From the first line of the data through the line containing "let price = leg.terms.price();", return each line exactly.

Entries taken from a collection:
▬▬▬

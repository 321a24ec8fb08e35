//! The price of a trade.

ghost use Rattle.std.specs.Prelude.{◌≡◌};
ghost use Rattle.fix_tags.specs.Price.{price_short};

use dialect::LastPx;
use fix_tags::price_short_text;
use leg::Leg;

/// The leg's own limit price, as a trade's report tells it.
pub fn trade_price(leg: &Leg) -> LastPx
    ensures { result ≡ price_short leg.now.terms.price }
{
    let price = leg.terms.price();
    LastPx::new(price_short_text(price).as_slice()).unwrap()
}
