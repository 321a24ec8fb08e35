//! Callers and workers in threads, after which seats and rings are compared with desk and book.

ghost use Rattle.std.specs.Prelude.{◌≡◌, map};

use exec_collector::{Accounts, Collector, Miscounted as MiscountedBook, WorkerSeat, check_count};
use kept_link::Untold;
use release_lock::{
    CallerSeat, Miscounted, ReleaseLock, Run, VenueDrain, VenueEnd, WrongQueue, check_placed,
    check_queues,
};
use std::alloc::Global;
use std::fmt;
use std::marker::Brand;
use std::sync::Wait;
use std::thread::{Threads, join, map_vec, yield_now};
use trial::{Floor, Post, Site, TrialFault, seats_of, sweep_each};

/// How many venues there are.
const VENUES: u8 = 16;

/// How many callers there are, and how many sweeps each releases, of one share for each venue.
const CALLERS: u64 = 8;

const SWEEPS: u64 = 30;

/// How many legs are released to each venue.
const LEGS: u64 = CALLERS * SWEEPS;

/// How often a worker looks for a leg at most.
const MOST_TURNS: u64 = 1_000_000;

/// The shares placed, the shares withdrawn, and whether each worker took the first legs released to its venue.
#[derive(Clone, Copy, Debug)]
pub struct CrowdEnd {
    placed: Result<u64, Miscounted>,
    resolved: Result<u64, MiscountedBook>,
    queues: Result<(), WrongQueue>,
}

impl fmt::Display for CrowdEnd {
    fn fmt<W: fmt::Write>(&self, f: &mut fmt::Formatter<W>) -> fmt::Result {
        let CrowdEnd {
            placed,
            resolved,
            queues,
        } = self;
        write!(
            f,
            "{CALLERS} callers, {VENUES} venues: placed {placed:?} resolved {resolved:?} queues {queues:?}"
        )
    }
}

/// A caller releases its sweeps.
fn calls<L: Run, M: Accounts>(
    rt: &impl Wait,
    alloc: Global,
    lock: &ReleaseLock<L>,
    collector: &Collector<M>,
    seat: CallerSeat<L>,
) -> CallerSeat<L>
    requires tied { L.sweeps ≡ M.sweeps }
{
    let mut seat = seat;
    for _ in 0..SWEEPS {
        if let Ok(sweep) = sweep_each(alloc, VENUES, 1) {
            let _receipt = lock.release(rt, collector, sweep, &mut seat);
        }
    }
    seat
}

/// A worker pops until it has so many legs, or its turns are over; where it finds none it pumps. `None` where something
/// was popped before.
pub fn works<L: Run>(
    rt: &impl Wait,
    alloc: Global,
    lock: &ReleaseLock<L>,
    drain: VenueDrain<L>,
    count: u64,
) -> Option<VenueEnd<L>> {
    if drain.popped() != 0 {
        return None;
    }
    let mut drain = drain;
    let mut taken = Vec::new(alloc);
    for _ in 0..MOST_TURNS {
        if drain.popped() == count || taken.reserve(1).is_err() {
            break;
        }
        match drain.pop(rt) {
            Some(leg) => taken.push_reserved(leg),
            None => {
                lock.pump(rt, drain.venue());
                yield_now();
            }
        }
    }
    Some(VenueEnd::new(drain, taken))
}

/// What a worker took, and its seat.
type Worked<L, M> = (VenueEnd<L>, WorkerSeat<M>);

/// A worker pops all legs of its venue, and withdraws each in the book.
fn withdraws<L: Run, M: Accounts>(
    rt: &impl Wait,
    alloc: Global,
    lock: &ReleaseLock<L>,
    collector: &Collector<M>,
    post: Post<L, M>,
) -> Option<Worked<L, M>> {
    let Post { drain, mut seat } = post;
    let end = works(rt, alloc, lock, drain, LEGS)?;
    for placed in end.taken() {
        let _withdrawn = collector.withdraw(rt, placed.leg.id, &mut seat, &Untold);
    }
    Some((end, seat))
}

/// What the workers took, and their seats.
fn parted<L: Run, M: Accounts>(
    alloc: Global,
    workers: Vec<Option<Worked<L, M>>>,
) -> Result<(Vec<VenueEnd<L>>, Vec<WorkerSeat<M>>), TrialFault> {
    let mut ends = Vec::with_capacity(alloc, workers.len())?;
    let mut seats = Vec::with_capacity(alloc, workers.len())?;
    for worker in workers {
        let (end, seat) = worker.ok_or(TrialFault::Missing)?;
        ends.push(end)?;
        seats.push(seat)?;
    }
    Ok((ends, seats))
}

/// Compares the seats and the rings with desk and book.
fn compared<L: Run, M: Accounts>(
    alloc: Global,
    lock: ReleaseLock<L>,
    collector: Collector<M>,
    callers: Vec<CallerSeat<L>>,
    workers: Vec<Option<Worked<L, M>>>,
) -> Result<CrowdEnd, TrialFault> {
    let (ends, seats) = parted(alloc, workers)?;
    let mut locked = lock.into_locked();
    let mut counted = collector.into_counted();
    let placed = check_placed(&mut locked, callers);
    let resolved = check_count(&mut counted, seats);
    Ok(CrowdEnd {
        placed,
        resolved,
        queues: check_queues(locked, ends),
    })
}

/// Callers and workers, each in a thread.
fn in_threads<L: Run + Send + Sync, M: Accounts + Send + Sync, R: Threads + Wait + Sync>(
    rt: &R,
    alloc: Global,
    floor: Floor<L, M>,
) -> Result<CrowdEnd, TrialFault>
    requires tied { L.sweeps ≡ M.sweeps }
{
    let Floor {
        lock,
        collector,
        seat,
        posts,
    } = floor;
    for post in posts.iter() {
        lock.raise(rt, &post.drain)?;
    }
    let callers = seats_of(alloc, seat, CALLERS)?;
    let shared = (&lock, &collector);
    let (released, worked) = join(
        rt,
        ||
            requires { L.sweeps ≡ M.sweeps }
        {
            map_vec(
                rt,
                callers,
                &|seat|
                    requires { L.sweeps ≡ M.sweeps }
                { calls(rt, alloc, shared.0, shared.1, seat) },
            )
        },
        || map_vec(
            rt,
            posts,
            &|post| withdraws(rt, alloc, shared.0, shared.1, post),
        ),
    );
    compared(alloc, lock, collector, released?, worked?)
}

/// Callers and workers at a floor of this site.
fn crowd_at<L: Run + Send + Sync, M: Accounts + Send + Sync, R: Threads + Wait + Sync>(
    rt: &R,
    alloc: Global,
    site: Site,
) -> Result<CrowdEnd, TrialFault>
    requires lock { (site.callers.name ≡ L.name) × (L.parts ≡ 1024)
        × (L.queues ≡ map (λ ends. ends.0.table) site.rings.items) × (site.callers.slips ≡ L.slips) }
    requires book { (site.workers.name ≡ M.name) × (M.parts ≡ site.venues) × (site.workers.lists ≡ M.lists) }
    requires sweeps { (site.workers.sweeps ≡ M.sweeps) × (L.sweeps ≡ M.sweeps) }
{
    in_threads(rt, alloc, Floor::<L, M>::open(alloc, site)?)
}

/// Eight callers and sixteen workers, in threads.
pub fn run_crowd<R: Threads + Wait + Sync>(rt: &R, alloc: Global) -> Result<CrowdEnd, TrialFault> {
    crowd_at::<Brand, Brand, R>(rt, alloc, Site::new(alloc, VENUES)?)
}
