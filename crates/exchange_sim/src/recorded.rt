//! The bytes that went over one connection.

ghost use Rattle.std.specs.Prelude.{◌≡◌, [], ◌++◌, OnOk, OnErr};

use std::alloc::{AllocError, Global};
use std::marker::Model;

/// The bytes that went over one connection: those that writes took and those that reads gave.
#[derive(Drop)]
pub struct Recorded {
    written: Vec<u8>,
    read: Vec<u8>,
}

impl Model for Recorded {
    ghost use Rattle.link.specs.Traffic.{Traffic};

    ghost Value = { Traffic };

    ghost view = { λ recorded. record { written = recorded.written.items; read = recorded.read.items } };
}

impl Recorded {
    /// Nothing went over it yet. It takes no memory.
    pub fn new(alloc: Global) -> Recorded
        ensures { result ≡ record { written = []; read = [] } }
    {
        Recorded {
            written: Vec::new(alloc),
            read: Vec::new(alloc),
        }
    }

    /// A write took these bytes. The only refusal is out of memory.
    pub fn wrote(&mut self, bytes: &[u8]) -> Result<(), AllocError>
        ensures ok { OnOk result (self.new ≡ record { written = self.old.written ++ bytes.now; read = self.old.read }) }
        ensures err { OnErr result (self.new ≡ self.old) }
    {
        self.written.extend_from_slice(bytes)
    }

    /// A read gave these bytes. The only refusal is out of memory.
    pub fn gave(&mut self, bytes: &[u8]) -> Result<(), AllocError>
        ensures ok { OnOk result (self.new ≡ record { written = self.old.written; read = self.old.read ++ bytes.now }) }
        ensures err { OnErr result (self.new ≡ self.old) }
    {
        self.read.extend_from_slice(bytes)
    }
}
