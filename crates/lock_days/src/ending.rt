//! The sums once a day is over.

use exec_collector::{Accounts, WorkerSeat, check_count};
use release_lock::{CallerSeat, Run, check_placed};
use std::alloc::Global;
use std::fmt::Write;
use trial::{Floor, Post, TrialFault, room_for};

/// The seats of the posts, and the caller's.
fn seats_of<L: Run, M: Accounts>(
    alloc: Global,
    seat: CallerSeat<L>,
    posts: Vec<Post<L, M>>,
) -> Result<(Vec<CallerSeat<L>>, Vec<WorkerSeat<M>>), TrialFault> {
    let mut callers = room_for(alloc, 1)?;
    callers.push(seat)?;
    let mut seats = room_for(alloc, posts.len())?;
    for post in posts {
        let Post { drain: _, seat } = post;
        seats.push(seat)?;
    }
    Ok((callers, seats))
}

/// Adds the line of the sums: the shares on the caller's seat and on those of the workers, where they are those placed
/// and those resolved; and what is placed where no seat counts it.
pub fn tell_sums<L: Run, M: Accounts>(
    alloc: Global,
    floor: Floor<L, M>,
    text: &mut String,
) -> Result<(), TrialFault> {
    let Floor {
        lock,
        collector,
        seat,
        posts,
    } = floor;
    let (callers, seats) = seats_of(alloc, seat, posts)?;
    let mut locked = lock.into_locked();
    let mut counted = collector.into_counted();
    let without = check_placed(&mut locked, Vec::new(alloc));
    let placed = check_placed(&mut locked, callers);
    let resolved = check_count(&mut counted, seats);
    writeln!(
        text,
        "sums: placed {placed:?} resolved {resolved:?}; without the caller's seat {without:?}"
    )?;
    Ok(())
}
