//! Simulated exchanges: an exchange behind a link in memory, and one behind TCP. Each trades a part of every order and
//! cancels the rest, and fails as it is planned.
//!
//! Promises:
//! - `MemoryLink` is a link in memory round an exchange: it keeps the laws of `Link` and tells its traffic, whatever
//!   its plan, so what is proved over every link that tells is proved over it.
//! - `Acceptor::receive`, which it and the server stand on, takes any bytes in any pieces: the frames that they
//!   complete are read one after the other, up to where none is left or the plan cuts the connection (`Hears` in
//!   `specs/Hearing.antt`).
//! - Each is taken as `exchange_core` says, but for the one that the plan loses. An order that it accepts trades as
//!   many shares as planned, at most all, at its limit price, and its rest is cancelled (`takes` in
//!   `specs/Dealing.antt`).
//! - What a message puts behind the bytes that wait to be sent are the frames of its answer, and of the reports on
//!   its order, in order (`Answers` in `specs/Sending.antt`, of the engine's `take`).
//! - Of `serve` it is proved that no connection is left at its end, and of it and `serve_raw` that they are safe.
//!
//! See `docs/live.md`.
#![tactic(auto)]

mod acceptor;
mod matching_engine;
mod memory_link;
mod memory_plan;
mod outbox;
mod plan;
mod port;
mod raw_server;
mod recorded;
mod recording;
mod server;
mod stream;
mod trade_price;

pub use acceptor::Acceptor;
pub use memory_link::MemoryLink;
pub use memory_plan::MemoryPlan;
pub use plan::Plan;
pub use port::Port;
pub use raw_server::serve_raw;
pub use server::serve;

▬▬▬

• Answer to the exercise:
repository 321a24ec8fb08e35
//! The price of a trade.

ghost use Rattle.std.specs.Prelude.{◌≡◌};
ghost use Rattle.fix_tags.specs.Price.{price_short};

use dialect::LastPx;
use fix_tags::price_short_text;
use leg::Leg;

/// The leg's own limit price, as a trade's report tells it.
pub fn trade_price(leg: &Leg) -> LastPx
    ensures { result ≡ price_short leg.now.terms.price }
{
    let price = leg.terms.price();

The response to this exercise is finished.